Contraction credit supply in the 1990s as well as the time of 2008-2009 can be explained
by the “bank capital channel” in transmitting financial shock into real economy. It is because
there is no excess capital among banks and thus, sustaining the supply of credit during and
after the financial shocks faces many difficulties such as tighter capital regulations or
monetary policies, or the declines in the value of assets. Moreover, such an imperfect market
for bank equity does not exist, and thus, raising new capital costs banks much or credit
supply of banks may be affected by financial structure of banks Van den Heuvel, 2004).
Therefore, it is essential for banks for find out the optimal measures. For instance, raising the
regulatory capital standards can be done among banks with a view to reducing the growth in
the highly risk-weighted assets through the increase of lending rate, the requirement of high
collaterals, or the limit of credits at current rates. Those responses can possibly change
macroeconomic results when both businesses and consumers have high dependence on the
credits of banking sector.
1.2 Research motivation and objectives
Credit risk is considered as one of the basic risks that banks or financial intermediaries
often have to deal with (Altman and Saunders, 1997; Duffie and Singleton, 2003).

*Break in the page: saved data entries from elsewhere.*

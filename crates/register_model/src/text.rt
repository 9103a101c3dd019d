//! The text of a history, and that of its counts: `history_text` and `summary_text` of
//! `specs/Text.antt`.

ghost use Rattle.std.specs.Prelude.{◌≡◌, ℕ, ◌+◌, ◌<◌, ◌^◌, List, ◌++◌, Some, length, codes, OnOk, IfOk, string_bytes};
ghost use Rattle.std.specs.Fmt.{decimal};
ghost use Rattle.std.specs.Option.{option_copied};
ghost use Rattle.register_model.specs.declared.op.Outcome.TheVariants as outcome;
ghost use Rattle.register_model.specs.Text.{history_text, summary_text, ops_line, totals_line, op_name, op_times, op_line, op_lines, kind_text, raw_name, raw_told, raw_line};
ghost use Rattle.register_model.specs.Text.{raw_lines, end_line, outcome_text, IsWordAlone, word_text, bytes_text, moment, traffic_text};

use crate::history::History;
use crate::op::{Op, Outcome, Traffic, Word};
use crate::raw::{Raw, RawKind};
use crate::summary::{Counts, Endings, Totals, summary};
use lb_base::items::{Bytes, Items, Name};
use std::alloc::{AllocError, Global};
use std::fmt::Write;

/// The word as a trace has it.
fn word_of(word: Word) -> &'static str
    ensures { result.now ≡ word_text word }
{
    match word {
        Word::Open => "open",
        Word::Rewrite => "rewrite",
        Word::Write => "write",
        Word::Trunc => "trunc",
        Word::Read => "read",
        Word::Close => "close",
        Word::Abandon => "abandon",
        Word::Make => "make",
        Word::Mkdir => "mkdir",
        Word::Remove => "remove",
        Word::Rmdir => "rmdir",
        Word::Rename => "rename",
        Word::List => "list",
        Word::Look => "look",
    }
}

/// A blank and the bytes in hexadecimal.
fn put_bytes(alloc: Global, out: &mut String, bytes: &Bytes) -> Result<(), AllocError>
    ensures { OnOk result (string_bytes out.new ≡ string_bytes out.old ++ bytes_text bytes.now) }
{
    let digits = hex::encode(alloc, bytes.as_slice())?;
    write!(out, " {digits}")
}

/// A blank and a moment, or `-`.
fn put_moment(out: &mut String, step: Option<u64>) -> Result<(), AllocError>
    ensures { OnOk result (string_bytes out.new ≡ string_bytes out.old ++ moment step) }
{
    match step {
        Some(step) => write!(out, " {step}"),
        None => out.push_str(" -"),
    }
}

/// The names of a directory, with their count.
fn put_names(alloc: Global, out: &mut String, names: &Items<Name>) -> Result<(), AllocError>
    ensures { OnOk result (string_bytes out.new ≡ string_bytes out.old ++ outcome_text (outcome.Names names.now)) }
{
    let count = names.len();
    write!(out, "Names {count}")?;
    for name in names.as_slice() {
        put_bytes(alloc, out, name)?;
    }
    Ok(())
}

/// A word, a length and a digest.
fn put_sized(
    alloc: Global,
    out: &mut String,
    word: &str,
    len: u64,
    sha1: &Bytes,
) -> Result<(), AllocError>
    ensures { OnOk result (string_bytes out.new ≡ string_bytes out.old ++ word.now ++ codes " " ++ decimal len ++ bytes_text sha1.now) }
{
    write!(out, "{word} {len}")?;
    put_bytes(alloc, out, sha1)
}

/// The word of an ending that has nothing more to tell. That of any other is empty.
fn word_alone(ended: &Outcome) -> &'static str
    ensures { IsWordAlone ended.now result.now }
{
    match ended {
        Outcome::Done => "Done",
        Outcome::Busy => "Busy",
        Outcome::NotOpen => "NotOpen",
        Outcome::AlreadyOpen => "AlreadyOpen",
        Outcome::Lost => "Lost",
        Outcome::PeerMemory => "PeerMemory",
        Outcome::Memory => "Memory",
        Outcome::NoLink => "NoLink",
        Outcome::Running => "Running",
        _ => "",
    }
}

/// How an operation ended. The one error is running out of memory.
pub fn put_outcome(alloc: Global, out: &mut String, ended: &Outcome) -> Result<(), AllocError>
    ensures { OnOk result (string_bytes out.new ≡ string_bytes out.old ++ outcome_text ended.now) }
{
    match ended {
        Outcome::Opened { len, sha1 } => put_sized(alloc, out, "Opened", *len, sha1),
        Outcome::Piece { len, sha1 } => put_sized(alloc, out, "Piece", *len, sha1),
        Outcome::Closed { version, len, sha1 } => {
            write!(out, "Closed {version} {len}")?;
            put_bytes(alloc, out, sha1)
        }
        Outcome::Names(names) => put_names(alloc, out, names),
        Outcome::Seen {
            file,
            kind,
            version,
            len,
        } => write!(out, "Seen {file} {kind} {version} {len}"),
        Outcome::Changed { first, last } => write!(out, "Changed {first} {last}"),
        Outcome::Refused(status) => write!(out, "Refused {status}"),
        Outcome::BadPeer(fault) => write!(out, "BadPeer {fault}"),
        Outcome::TooBig(len) => write!(out, "TooBig {len}"),
        _ => out.push_str(word_alone(ended)),
    }
}

/// What an operation sent and received.
fn put_traffic(out: &mut String, traffic: &Traffic) -> Result<(), AllocError>
    ensures { OnOk result (string_bytes out.new ≡ string_bytes out.old ++ traffic_text traffic.now) }
{
    let Traffic {
        cond,
        tmp,
        read,
        data,
    } = *traffic;
    write!(out, " cond {cond} tmp {tmp} read {read} data {data}")
}

/// Whose operation it is, and on what.
fn put_name(out: &mut String, number: u64, op: &Op) -> Result<(), AllocError>
    ensures { OnOk result (string_bytes out.new ≡ string_bytes out.old ++ op_name number op.now) }
{
    let word = word_of(op.word);
    let (client, file) = (op.client, op.file);
    write!(out, "op {number} client {client} {word} file {file}")
}

/// When it was.
fn put_times(out: &mut String, op: &Op) -> Result<(), AllocError>
    ensures { OnOk result (string_bytes out.new ≡ string_bytes out.old ++ op_times op.now) }
{
    let begin = op.begin;
    write!(out, " begin {begin} end")?;
    put_moment(out, op.end)?;
    out.push_str(" point")?;
    put_moment(out, op.point)
}

/// The line of an operation with its number.
fn put_op(alloc: Global, out: &mut String, number: u64, op: &Op) -> Result<(), AllocError>
    ensures { OnOk result (string_bytes out.new ≡ string_bytes out.old ++ op_line number op.now) }
{
    put_name(out, number, op)?;
    put_times(out, op)?;
    out.push_str(" ")?;
    put_outcome(alloc, out, &op.outcome)?;
    put_traffic(out, &op.traffic)?;
    out.push_str("\n")
}

/// The lines of all operations of clients.
fn put_ops(alloc: Global, out: &mut String, ops: &[Op]) -> Result<(), AllocError>
    ensures { OnOk result (string_bytes out.new ≡ string_bytes out.old ++ op_lines 1 ops.now) }
{
    let mut number = 1;
    for op in ops {
        put_op(alloc, out, number, op)?;
        number += 1;
    }
    Ok(())
}

/// What a session that is no client's did to a file.
fn kind_of(kind: RawKind) -> &'static str
    ensures { result.now ≡ kind_text kind }
{
    match kind {
        RawKind::Commit => "Commit",
        RawKind::Make => "Make",
        RawKind::Remove => "Remove",
    }
}

/// Whose change it is, and of what.
fn put_raw_name(out: &mut String, raw: &Raw) -> Result<(), AllocError>
    ensures { OnOk result (string_bytes out.new ≡ string_bytes out.old ++ raw_name raw.now) }
{
    let kind = kind_of(raw.kind);
    let (session, file) = (raw.session, raw.file);
    write!(out, "raw session {session} {kind} file {file}")
}

/// When it was asked for and made, and what it left.
fn put_raw_told(alloc: Global, out: &mut String, raw: &Raw) -> Result<(), AllocError>
    ensures { OnOk result (string_bytes out.new ≡ string_bytes out.old ++ raw_told raw.now) }
{
    let (begin, point, version, len) = (raw.begin, raw.point, raw.version, raw.len);
    write!(out, " begin {begin} point {point} version {version} {len}")?;
    put_bytes(alloc, out, &raw.sha1)
}

/// The line of a change by a session that is no client's.
fn put_raw(alloc: Global, out: &mut String, raw: &Raw) -> Result<(), AllocError>
    ensures { OnOk result (string_bytes out.new ≡ string_bytes out.old ++ raw_line raw.now) }
{
    put_raw_name(out, raw)?;
    put_raw_told(alloc, out, raw)?;
    out.push_str("\n")
}

/// The lines of such changes.
fn put_all(alloc: Global, out: &mut String, raws: &[Raw]) -> Result<(), AllocError>
    ensures { OnOk result (string_bytes out.new ≡ string_bytes out.old ++ raw_lines (Some raws.now)) }
{
    for raw in raws {
        put_raw(alloc, out, raw)?;
    }
    Ok(())
}

/// The lines of all of them, if there is such a session.
fn put_raws(alloc: Global, out: &mut String, raws: Option<&[Raw]>) -> Result<(), AllocError>
    ensures { OnOk result (string_bytes out.new ≡ string_bytes out.old ++ raw_lines (option_copied raws.entry)) }
{
    match raws {
        Some(raws) => put_all(alloc, out, raws),
        None => Ok(()),
    }
}

/// The last line.
fn put_end(out: &mut String, history: &History) -> Result<(), AllocError>
    ensures { OnOk result (string_bytes out.new ≡ string_bytes out.old ++ end_line history.now) }
{
    let (count, steps) = (history.of_clients().len(), history.steps());
    write!(out, "end ops {count}")?;
    if let Some(raws) = history.raws() {
        let raws = raws.len();
        write!(out, " raw {raws}")?;
    }
    write!(out, " steps {steps}\n")
}

/// The text of a history: its first line, a line for each operation of a client and for each change of
/// others, and its last line.
pub fn text(alloc: Global, history: &History) -> Result<Bytes, AllocError>
    ensures { IfOk result (λ bytes. bytes ≡ history_text history.now) }
{
    let mut out = String::new(alloc);
    let lbfs = history.lbfs();
    write!(out, "lbfs-history {lbfs}\n")?;
    put_ops(alloc, &mut out, history.of_clients())?;
    put_raws(alloc, &mut out, history.raws())?;
    put_end(&mut out, history)?;
    Ok(Items::from_vec(out.into_bytes()))
}

/// How many operations there were, and how they ended.
fn put_counts(out: &mut String, counts: &Counts) -> Result<(), AllocError>
    ensures { OnOk result (string_bytes out.new ≡ string_bytes out.old ++ ops_line counts.now) }
{
    let Endings {
        opened,
        closed,
        other,
        refused,
        running,
    } = counts.endings;
    let ops = counts.ops;
    write!(
        out,
        "ops {ops} opened {opened} closed {closed} other {other} refused {refused} running {}\n",
        running
    )
}

/// What all of them sent and received.
fn put_totals(out: &mut String, totals: &Totals) -> Result<(), AllocError>
    ensures { OnOk result (string_bytes out.new ≡ string_bytes out.old ++ totals_line totals.now) }
{
    let Totals {
        cond,
        tmp,
        read,
        data,
    } = *totals;
    write!(out, "cond {cond} tmp {tmp} read {read} data {data}\n")
}

/// The counts of a history in three lines; the last is the number of entries in the server's
/// journal, which is given.
pub fn summary_text(alloc: Global, history: &History, journal: u64) -> Result<Bytes, AllocError>
    ensures { IfOk result (λ bytes. bytes ≡ summary_text history.now journal) }
{
    let counts = summary(history);
    let mut out = String::new(alloc);
    put_counts(&mut out, &counts)?;
    put_totals(&mut out, &counts.totals)?;
    write!(out, "journal {journal}\n")?;
    Ok(Items::from_vec(out.into_bytes()))
}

According to Podobnik et al. (2010), due to the fact that credit risk may force banks into
bankruptcy, the management and control of this risk has become the most predominant
challenge to run the banks. Credit risk management aims at achieving maximum risk-
adjusted rate of return based on the identification of credit risk in banking transactions and
portfolios and the control of credit risk exposure at a reasonable level. Efficient and
effective credit risk management is very important for such a comprehensive access to risk
control as well as long-term development and success of banks (Bessis, 2011). Till now,
there are some studies which have made contributions to the literature of credit risk
management in banking system, including the study of Caprio (1998); Pastor (2002);
Maccario et al. (2004); Minton et al. (2005); Bernanke (2006); Godbillon-Camus and
Godlewski (2006); Weber et al. (2008); Pesta (2010). Nevertheless, most studies focus on
such aspects of bank credit risk management as provisioning, the use of credit derivatives,
or the measurement of credit risk, but not on the whole picture. Added to this, all studies
are related to banks’ performance in the United States; meanwhile, the performance of
banks in the UK is not well focused. Accordingly, this thesis chooses to make an emphasis
on credit risk management in British banks and there will be a whole review about
management techniques and practices.
1.3 Research structure
Credit risk management plays an important role in the optimization of financial
institutions’ performance. In recognition of this significant role, the thesis will focus on the
understanding about credit risk management system in a CB in the UK – one of developed
economies and propose one model for further testing. The structure of this study contains
four main sections: first section with the literature on the research issue; second section with
the representation of the issue and methodology; third section with the discussion about the
study results; forth section with the conclusion and the implications of the results.